Da ottobre 2024 fino a luglio 2025 è prevista inoltre un’anteprima delle visite guidate nel cantiere di restauro, un regalo della Fondazione CR Firenze ad una parte territorio a cui la sua missione è vincolata. L’iniziativa è su prenotazione obbligatoria, tutte le informazioni sul sito fondazionecrfirenze.it
Giani: "Capolavoro dall'alto valore simbolico"
“La meraviglia di Giotto in Santa Croce, con le Storie della vita di San Francesco, capolavoro trecentesco il cui restauro giunge a un punto di svolta grazie al lavoro di un’eccellenza quale l’Opificio delle Pietre Dure e alla guida dell’Opera di Santa Croce, rappresenta un indiscusso capolavoro che assume un significato simbolico particolarmente alto in questo ottavo centenario delle Stimmate di San Francesco, celebrate con tanti eventi in tutta la Toscana, cui la Regione collabora. Gli affreschi di Giotto, padre della pittura, sono un’esaltazione della bellezza nel ‘tempio delle italiche glorie’, la Basilica di Santa Croce.
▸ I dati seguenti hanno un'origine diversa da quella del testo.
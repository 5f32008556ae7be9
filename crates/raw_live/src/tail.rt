//! What stands behind the line `live`.
//!
//! What is known of the lines after `live` before they are read is one type, `Tail`: how they are judged, the bytes
//! that were read before, and how many may follow. Its bounds are facts of the type.
ghost use Rattle.std.specs.Prelude.{◌+◌, ◌^◌, ◌<◌, ◌≤◌, length};
ghost use Rattle.raw_text.specs.declared.limits.TheConstants.{MAX_TEXT};

use raw_live_text::Intake;

/// The lines behind `live`, as far as they are known before they are read.
#[derive(Clone, Copy)]
pub struct Tail<'t> {
    /// What the lines are judged by.
    pub intake: &'t Intake,
    /// The bytes behind the `live` line that were read before.
    pub rest: &'t [u8],
    /// How many bytes are read besides, at most.
    pub most: usize,
    ghost size: { length rest.now + most ≤ MAX_TEXT },
    ghost lines: { intake.now.line + length rest.now + most + 1 < 2 ^ 32 },
}
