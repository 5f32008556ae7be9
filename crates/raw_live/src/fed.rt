//! The words that come for the engine.
//!
//! What is put before what is taken is a condition of the call that takes. No contract compares two queues, or a queue
//! and a source, over time. So the engine takes words by `Fed::take_due` alone, which asks that all that is due of the
//! words so far was put. The reader asks its source by `ask` alone, which asks that the words of all whole lines were
//! put. Both loops have this as their invariant. `Fed` keeps its end of the queue to itself, so the engine has no other
//! way to take a word.
ghost use Rattle.std.specs.Prelude.{◌≡◌, [], ◌∷◌, ◌++◌, MatchOption};
ghost use Rattle.raw_live.specs.Running.{IsAllPut};

use crate::engine::Engine;
use raw_queue::{Item, Queue, Receiver, Sender, TakeEnd};
use std::marker::Model;
use std::sync::Wait;

/// The words that come for the engine. Contracts see them as they see the end of the queue from which they are taken.
///
/// The engine has no other way to take one than `take_due`.
#[derive(Drop)]
pub struct Fed<'q> {
    words: Receiver<'q>,
}

impl<'q> Model for Fed<'q> {
    ghost use Rattle.raw_queue.specs.Ends.{QueueEnd};

    ghost Value = { QueueEnd };

    ghost view = { λ f. f.words };
}

impl<'q> Fed<'q> {
    /// The words that are taken at an end, with its queue.
    pub fn new(queue: &'q Queue, end: TakeEnd) -> Self
        requires { end.queue ≡ queue.now }
        ensures { result ≡ end }
    {
        let words = Receiver::new(queue, end);
        Fed { words }
    }

    /// The end alone, as `Queue::close` takes it.
    pub fn into_end(self) -> TakeEnd
        ensures { result ≡ self.entry }
    {
        self.words.into_end()
    }

    /// Takes the next item, and waits for it where there is none, as `Receiver::take_wait` does: only once all that is due
    /// of the words before it was put.
    pub fn take_due<R: Wait>(&mut self, rt: &R, _put: &Sender<'_>, _engine: &Engine) -> Option<Item>
        requires due { IsAllPut _engine.now.set self.old.items _put.now.items }
        ensures queue { self.new.queue ≡ self.old.queue }
        ensures taken { MatchOption result (self.new.items ≡ self.old.items) (λ item. self.new.items ≡ self.old.items ++ item ∷ []) }
    {
        self.words.take_wait(rt)
    }
}
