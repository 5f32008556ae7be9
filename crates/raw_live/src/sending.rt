//! What sinks have taken out is handed on.
ghost use Rattle.std.specs.Prelude.{◌≡◌, ◌≤◌, drop, length, map, slice_index, Some, OnOk, IfOk};
ghost use Rattle.raw_processor.specs.Processor.{local_of};
ghost use Rattle.raw_live.specs.Engine.{got_from, PutsTo, PutsItems, AreNoMore, AreAll};
ghost use Rattle.raw_live.specs.Due.{words_behind};
ghost use Rattle.raw_model.specs.Parts.{got_of};

use raw_processor::Processor;
use raw_queue::{Item, Sender};
use std::alloc::AllocError;
use std::sync::Wait;

// Puts the words for this port.
fn put_words<R: Wait>(
    rt: &R,
    to: &mut Sender<'_>,
    port: u32,
    words: &[u32],
) -> Result<(), AllocError>
    ensures queue { to.new.queue ≡ to.old.queue }
    ensures items { PutsTo port words.now to.old.items to.new.items result }
{
    for word in words {
        let item = Item::Word { port, word: *word };
        if let Err(memory) = to.put(rt, item) {
            return Err(memory);
        }
    }
    Ok(())
}

// Puts what a sink has taken out behind so many words, and says how many it has taken out in all.
fn put_new<R: Wait>(
    rt: &R,
    to: &mut Sender<'_>,
    port: u32,
    processor: &Processor,
    sent: usize,
) -> Result<usize, AllocError>
    requires sent { sent ≤ length (got_of (Some (local_of processor.now))) }
    ensures queue { to.new.queue ≡ to.old.queue }
    ensures items { PutsTo port (drop sent (got_of (Some (local_of processor.now)))) to.old.items to.new.items result }
    ensures count { IfOk result (λ n. n ≡ length (got_of (Some (local_of processor.now)))) }
{
    match processor {
        Processor::Sink(sink) => {
            if let Err(memory) = put_words(rt, to, port, &sink.got[sent..]) {
                return Err(memory);
            }
            Ok(sink.got.len())
        }
        _ => Ok(0),
    }
}

// Puts what each sink has taken out and was not handed on.
pub(crate) fn put_all_new<R: Wait>(
    rt: &R,
    to: &mut Sender<'_>,
    procs: u32,
    processors: &[Processor],
    sent: &mut Vec<usize>,
) -> Result<(), AllocError>
    requires each { (procs ≡ length processors.now) × (length sent.old.items ≡ length processors.now) }
    requires sent { AreNoMore sent.old.items (map local_of processors.now) }
    ensures queue { to.new.queue ≡ to.old.queue }
    ensures each { length sent.new.items ≡ length processors.now }
    ensures items { PutsItems
        (words_behind procs (λ p. slice_index sent.old.items p) (got_from (map local_of processors.now)))
        to.old.items to.new.items result }
    ensures sent { OnOk result (AreAll sent.new.items (map local_of processors.now)) }
{
    for p in 0..procs {
        let i = p as usize;
        match put_new(rt, to, p, &processors[i], sent[i]) {
            Ok(count) => sent[i] = count,
            Err(memory) => return Err(memory),
        }
    }
    Ok(())
}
Il restauro delle Storie di San Francesco nella Cappella Bardi di Santa Croce, che si concluderà nell’estate 2025, sta offrendo nuove preziose informazioni sull’opera di Giotto”.
Così si è espresso il presidente della Regione Toscana, Eugenio Giani, che ieri mattina, giovedì 19 settembre, si è recato in visita ai lavori di restauro delle Storie di San Francesco affrescate da Giotto nella Cappella Bardi di Santa Croce a Firenze.